Welcome To Earth, Mars

Mars Bar,

Well, here we are, mere hours from the first of hundreds and hundreds of shared birthdays (assuming you follow instructions and have my head properly frozen). I've gotten lots of birthday presents over the years, but this will be hard to top. I'm going to let someone else unwrap you though. Ick.

Sadly, you've beaten me to the finish line. Even if I stayed up all night I wouldn't finish my work before you got here. When I asked for another extension they told me I could take all the time I needed as long I handed it in by Monday. So, it looks like I'll be holding you with one hand and typing with the other.

Which frankly is indicative of the crappy reception you've gotten all the way around. When your sisters came it was a life altering production. I was an unemployed hobo (as opposed to those employed hobos you're always seeing) terrified that they would turn me into a minivan driving cliche. I didn't know if I really wanted kids, but I was sure I wanted to be more than just a parent. I wanted my life to matter for its own sake. And I thought no one would ever see me as anything but the thing pushing the stroller. None of which has come to pass, except for the minivan, which frankly was your fault. The point is, the night before the girls came felt sort of like I was jumping off a bridge. With you I feel more like I'm picking someone up at the airport. Which is to say that being second can suck, something I'm sure you'll understand as I try to stuff you into your sisters' pink hand me downs in the coming years.

But it also means you get much better parents than your sisters did. Frankly, we're pros at this now and every bump, bruise, backward diaper, or chewed tube of vulva cream that they've endured is one less you'll have to put up with. And you'll get something they never had, older siblings to love, hug, and probably dress you up in ways that may lead to gender confusion. I guess that part's kind of a mixed bag.

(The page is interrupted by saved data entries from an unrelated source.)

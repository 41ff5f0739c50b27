//! The machine that the device runs in: guest memory with one queue in it, and a guest that leaves messages.
ghost use Rattle.std.specs.Prelude.{◌<◌, ◌≤◌, length};

use bibplush::{
    Bytes, FixedDevice, GivenRegion, GivenRing, Guest, Info, Listed, Object, OutOfMemory, Request,
    Setup,
};
use std::alloc::{AllocError, Global};

/// The objects of the set-up, by their numbers: guest memory, and the two events of the queue.
const MEMORY: u32 = 0;

const KICK: u32 = 1;

const CALL: u32 = 2;

/// The parties of a schedule, by their numbers: the guest, control, and the first worker.
const GUEST: u32 = 0;

const CONTROL: u32 = 1;

const WORKER: u32 = 2;

/// Guest memory: its first address, and its length in bytes.
const START: u64 = 0x10_0000;

const LENGTH: usize = 0x1_0000;

/// What stands in guest memory, by offset: the queue's three areas, the messages and the room for the replies.
const DESCRIPTORS: u64 = 0;

const AVAILABLE: u64 = 0x1000;

const USED: u64 = 0x2000;

const MESSAGES: u64 = 0x3000;

const REPLIES: u64 = 0x4000;

/// The queue's size in descriptors, of which each entry has two.
const SIZE: u16 = 16;

/// The most bytes of a message, and the room for each reply.
const ROOM: u16 = 64;

/// Flags of a descriptor (virtio 1.2, section 2.7.5): there is a next one; the device writes.
const NEXT: u16 = 1;

const WRITE: u16 = 2;

/// A device of one queue, served by one worker.
pub fn device(alloc: Global) -> Result<FixedDevice, OutOfMemory> {
    Ok(FixedDevice {
        queues: 1,
        max: 256,
        features: 0,
        protocol: 0,
        masks: Listed::from_slice(alloc, &[1])?,
        exits: Listed::new(alloc),
        refusals: 0,
    })
}

/// Appends a descriptor: where its bytes stand in guest memory and how many they are, its flags and the next one.
fn push_descriptor(
    table: &mut Vec<u8>,
    offset: u64,
    len: u16,
    flags: u16,
    next: u16,
) -> Result<(), AllocError>
    requires { offset < 65536 }
{
    table.extend_from_slice(&(START + offset).to_le_bytes())?;
    table.extend_from_slice(&u32::from(len).to_le_bytes())?;
    table.extend_from_slice(&flags.to_le_bytes())?;
    table.extend_from_slice(&next.to_le_bytes())?;
    Ok(())
}

/// The two descriptors of an entry: its message, and the room for its reply.
fn descriptors(alloc: Global, entry: u16, len: u16) -> Result<Bytes, OutOfMemory>
    requires { entry < 8 }
{
    let place = u64::from(ROOM * entry);
    let mut table = Vec::new(alloc);
    push_descriptor(&mut table, MESSAGES + place, len, NEXT, 2 * entry + 1)?;
    push_descriptor(&mut table, REPLIES + place, ROOM, WRITE, 0)?;
    Ok(Bytes::from_vec(table))
}

/// The guest's store of these bytes in its memory.
fn store(offset: u64, bytes: Bytes) -> Guest {
    Guest::Store {
        object: MEMORY,
        offset,
        bytes,
    }
}

/// Appends what the guest does to publish a message: it stores the bytes, the entry's two descriptors, its number in
/// the available ring, and then the available index; and it signals the kick.
fn push_message(
    alloc: Global,
    guest: &mut Listed<Guest>,
    entry: u16,
    message: &[u8],
) -> Result<(), OutOfMemory>
    requires entry { entry < 8 }
    requires fits { length message.now ≤ 64 }
{
    let number = u64::from(entry);
    let head = (2 * entry).to_le_bytes();
    let index = (entry + 1).to_le_bytes();
    let table = descriptors(alloc, entry, message.len() as u16)?;
    let message = Bytes::from_slice(alloc, message)?;
    guest.push(store(MESSAGES + u64::from(ROOM) * number, message))?;
    guest.push(store(DESCRIPTORS + 32 * number, table))?;
    guest.push(store(AVAILABLE + 4 + 2 * number, Bytes::from_slice(alloc, &head)?))?;
    guest.push(store(AVAILABLE + 2, Bytes::from_slice(alloc, &index)?))?;
    guest.push(Guest::Signal { object: KICK })
}

/// The queue as it stands at first: its addresses, kick and call are set, and no entry was published.
fn ring() -> GivenRing {
    GivenRing {
        queue: 0,
        size: SIZE,
        info: Some(Info {
            desc: START + DESCRIPTORS,
            avail: START + AVAILABLE,
            used: START + USED,
        }),
        base: 0,
        next_used: 0,
        kick: Some(KICK),
        call: Some(CALL),
        ready: true,
        enabled: true,
    }
}

/// The set-up: a guest that leaves three messages, and a front end that stops the queue when it comes to its turn.
pub fn set_up(alloc: Global) -> Result<Setup, OutOfMemory> {
    let memory = Bytes::from_vec(vec![in alloc; 0; LENGTH]?);
    let objects = vec![in alloc;
        Object::Content(memory),
        Object::Event { flags: 0 },
        Object::Event { flags: 0 },
    ]?;
    let region = GivenRegion {
        start: START,
        len: LENGTH as u64,
        user: START,
        offset: 0,
        object: MEMORY,
    };
    let mut guest = Listed::new(alloc);
    push_message(alloc, &mut guest, 0, b"bread")?;
    push_message(alloc, &mut guest, 1, b"butter")?;
    push_message(alloc, &mut guest, 2, b"jam")?;
    Ok(Setup {
        objects: Listed::from_vec(objects),
        regions: Listed::from_slice(alloc, &[region])?,
        rings: Listed::from_slice(alloc, &[ring()])?,
        requests: Listed::from_vec(vec![in alloc; Request::GetVringBase { queue: 0 }]?),
        guest,
    })
}

/// The schedule: the guest has its turns, then the worker, then control.
pub fn schedule(alloc: Global) -> Result<Vec<u32>, AllocError> {
    let mut turns = Vec::new(alloc);
    turns.extend_from_slice(&[GUEST; 15])?;
    turns.extend_from_slice(&[WORKER; 24])?;
    turns.extend_from_slice(&[CONTROL; 12])?;
    Ok(turns)
}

But what will never be second is how much you're loved. If seeing your sisters towering over the tiny clothes laid out for you today has taught me anything, it's that all this goes by in a flash. I can't promise that when you walk I'll react like I've never seen first steps before. But I assure you I'll react like I'm never going to see them again.

So enjoy your last night in another world. Tomorrow you become the new center of ours.

Wednesday, January 6, 2010

A Study In Heroism

Mars Bar,

A very sweet, if terribly misguided, young man wrote to me today to tell me that I'd 'kind of become his personal hero' which obviously doesn't bode well for him and says a lot about his low threshold for heroism, but I wrote back and asked him to feel free to tell me more and if he felt the need to use capital letters or express his admiration in the form of a poem, song, or letter to the NY Times I encouraged him not to hold back. Long story short, we're now best friends and I'm trying to adopt him in the hopes he'll let me call him Mojo.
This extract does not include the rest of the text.